A inadimplência em condomínios residenciais no Brasil encerrou o segundo semestre de 2025 em 11,66%, índice superior ao registrado no mesmo período de 2024, quando o indicador estava em 9,83%. Os dados integram levantamento da empresa uCondo, elaborado a partir de informações de aproximadamente 7 mil condomínios em todo o país. Para efeito do estudo, é considerada inadimplente a unidade com pagamento da taxa condominial em atraso superior a 30 dias.
O patamar atual é o segundo mais alto desde o início da série histórica, em 2022. O maior índice registrado foi no primeiro semestre de 2025, quando a inadimplência atingiu 11,95%. Apesar do leve recuo na segunda metade do ano, o indicador segue em nível elevado na comparação histórica. Em 2022, o menor índice registrado foi de 8,65%, no segundo semestre daquele ano.
Entre as regiões, o Nordeste registrou a maior taxa de inadimplência do país, com 13,06%, seguido pelo Sudeste, com 11,70%, pelo Centro-Oeste, com 9,00%, e pelo Sul, com 8,77%. No recorte por estado, o Ceará liderou com 16,20%. São Paulo encerrou o ano com 11,77%, Minas Gerais com 9,24% e o Paraná com 6,93%.
No mesmo período, o valor médio da taxa condominial no país chegou a R$ 522. As maiores médias foram registradas no Centro-Oeste, com R$ 582, e no Sul, com R$ 563. No Sudeste, a média foi de R$ 519, e no Nordeste, de R$ 494. Entre os estados, o Paraná registrou o maior valor médio, de R$ 724, seguido por São Paulo, com R$ 460, e Minas Gerais, com R$ 444.
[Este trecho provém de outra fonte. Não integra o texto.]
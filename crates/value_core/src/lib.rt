//! Shown values: what a view shows in a cell of a row or of a group, fractions among them.
//!
//! A `Value` is a value that isn't null. All values have one total order: by kind, then by value. A
//! `Fraction` is always in its lowest terms, so that two fractions are the same number only where
//! they are the same value. No product of two fractions' parts is ever formed, so nothing can wrap.
//!
//! It stands on `plain_data`, whose `Text` it shows, and on `cal_units`, whose `Day` and `Moment` it
//! shows. Its callers may rely on this: `Value::order`, `Value`'s `Ord` and the definition
//! `value_order` are one order, in which two values are equal only where they are one, and likewise for
//! fractions (`values_are_ordered`, `fractions_are_ordered`). The lemmas behind those laws stand in
//! `specs/ValueLaws.antt` and `specs/FractionLaws.antt`.
#![tactic(auto)]

mod fraction;
mod laws;
mod value;

pub use fraction::Fraction;
pub use laws::{fractions_are_ordered, lowest_form_is_unique, values_are_ordered};
pub use value::Value;
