ghost use Rattle.std.specs.Prelude.{◌≡◌, refl};
ghost use Rattle.std.specs.Cmp.{eq_by_cmp_equiv, partial_equiv_from_equiv, partial_order_from_total};
ghost use Rattle.std.specs.Ordering.{as_partial_cmp, eq_by_cmp};
ghost use Rattle.value_core.specs.ValueLaws.{value_order_total};
ghost use Rattle.value_core.specs.Values.{kind, value_order};

use crate::fraction::Fraction;
use cal_units::{Day, Moment};
use plain_data::{Copies, Memory, Text};
use std::alloc::Global;
use std::cmp::Ordering;

/// A value that isn't null. All values have one total order: by kind, in the order below, then by
/// value.
#[derive(Debug, Drop)]
pub enum Value {
    /// False stands before true.
    Bool(bool),
    /// A whole number, as an integer column's cell, a sum or a count.
    Whole(i128),
    /// A fraction. It stands after every whole number, also where it is a lesser number.
    Fraction(Fraction),
    Date(Day),
    /// A datetime.
    Moment(Moment),
    /// A text. Texts compare by their bytes.
    Words(Text),
}

impl Value {
    /// How two values stand in the one order. It answers `Equal` only for equal values.
    #[tactic(auto, unfolding(crate::specs::Values::value_order))]
    pub fn order(&self, other: &Value) -> Ordering
        ensures { result ≡ value_order self.now other.now }
    {
        match (self, other) {
            (Value::Bool(a), Value::Bool(b)) => a.cmp(b),
            (Value::Whole(a), Value::Whole(b)) => a.cmp(b),
            (Value::Fraction(a), Value::Fraction(b)) => a.order(b),
            (Value::Date(a), Value::Date(b)) => a.cmp(b),
            (Value::Moment(a), Value::Moment(b)) => a.cmp(b),
            (Value::Words(a), Value::Words(b)) => a.cmp(b),
            _ => self.kind().cmp(&other.kind()),
        }
    }

    /// The place of the value's kind among all kinds. Null, which is no value, has the place 0.
    fn kind(&self) -> u8
        ensures { result ≡ kind self.now }
    {
        match self {
            Value::Bool(_) => 1,
            Value::Whole(_) => 2,
            Value::Fraction(_) => 3,
            Value::Date(_) => 4,
            Value::Moment(_) => 5,
            Value::Words(_) => 6,
        }
    }
}

impl PartialEq for Value {
    ghost eq = { eq_by_cmp value_order };

    ghost laws = { partial_equiv_from_equiv (eq_by_cmp_equiv value_order_total) };

    fn eq(&self, other: &Value) -> bool {
        self.order(other).is_eq()
    }
}

impl Eq for Value {
    ghost laws = { eq_by_cmp_equiv value_order_total };
}

impl PartialOrd for Value {
    ghost partial_cmp = { as_partial_cmp value_order };

    ghost laws = { partial_order_from_total value_order_total };

    fn partial_cmp(&self, other: &Value) -> Option<Ordering> {
        Some(self.cmp(other))
    }
}

impl Ord for Value {
    ghost cmp = { value_order };

    ghost total = { value_order_total };

    ghost matches_partial_cmp = { λ x y. refl };

    ghost matches_eq = { λ x y. refl };

    fn cmp(&self, other: &Value) -> Ordering {
        self.order(other)
    }
}

impl Copies for Value {
    fn copy(&self, alloc: Global) -> Result<Value, Memory> {
        Ok(match self {
            Value::Bool(x) => Value::Bool(*x),
            Value::Whole(x) => Value::Whole(*x),
            Value::Fraction(x) => Value::Fraction(*x),
            Value::Date(x) => Value::Date(*x),
            Value::Moment(x) => Value::Moment(*x),
            Value::Words(x) => Value::Words(x.copy(alloc)?),
        })
    }
}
Os efeitos práticos da inadimplência se traduzem na redução do caixa dos condomínios, no adiamento de obras e na dificuldade para honrar contratos recorrentes de serviços como limpeza, portaria e manutenção. Especialistas recomendam planejamento orçamentário mais detalhado, revisão de contratos e reforço do fundo de reserva para evitar repasses abruptos aos condôminos.
A série histórica completa da inadimplência semestral registrada pelo levantamento é a seguinte: primeiro semestre de 2022, 9,72%; segundo semestre de 2022, 8,65%; primeiro semestre de 2023, 9,14%; segundo semestre de 2023, 9,92%; primeiro semestre de 2024, 9,99%; segundo semestre de 2024, 9,83%; primeiro semestre de 2025, 11,95%; e segundo semestre de 2025, 11,66%.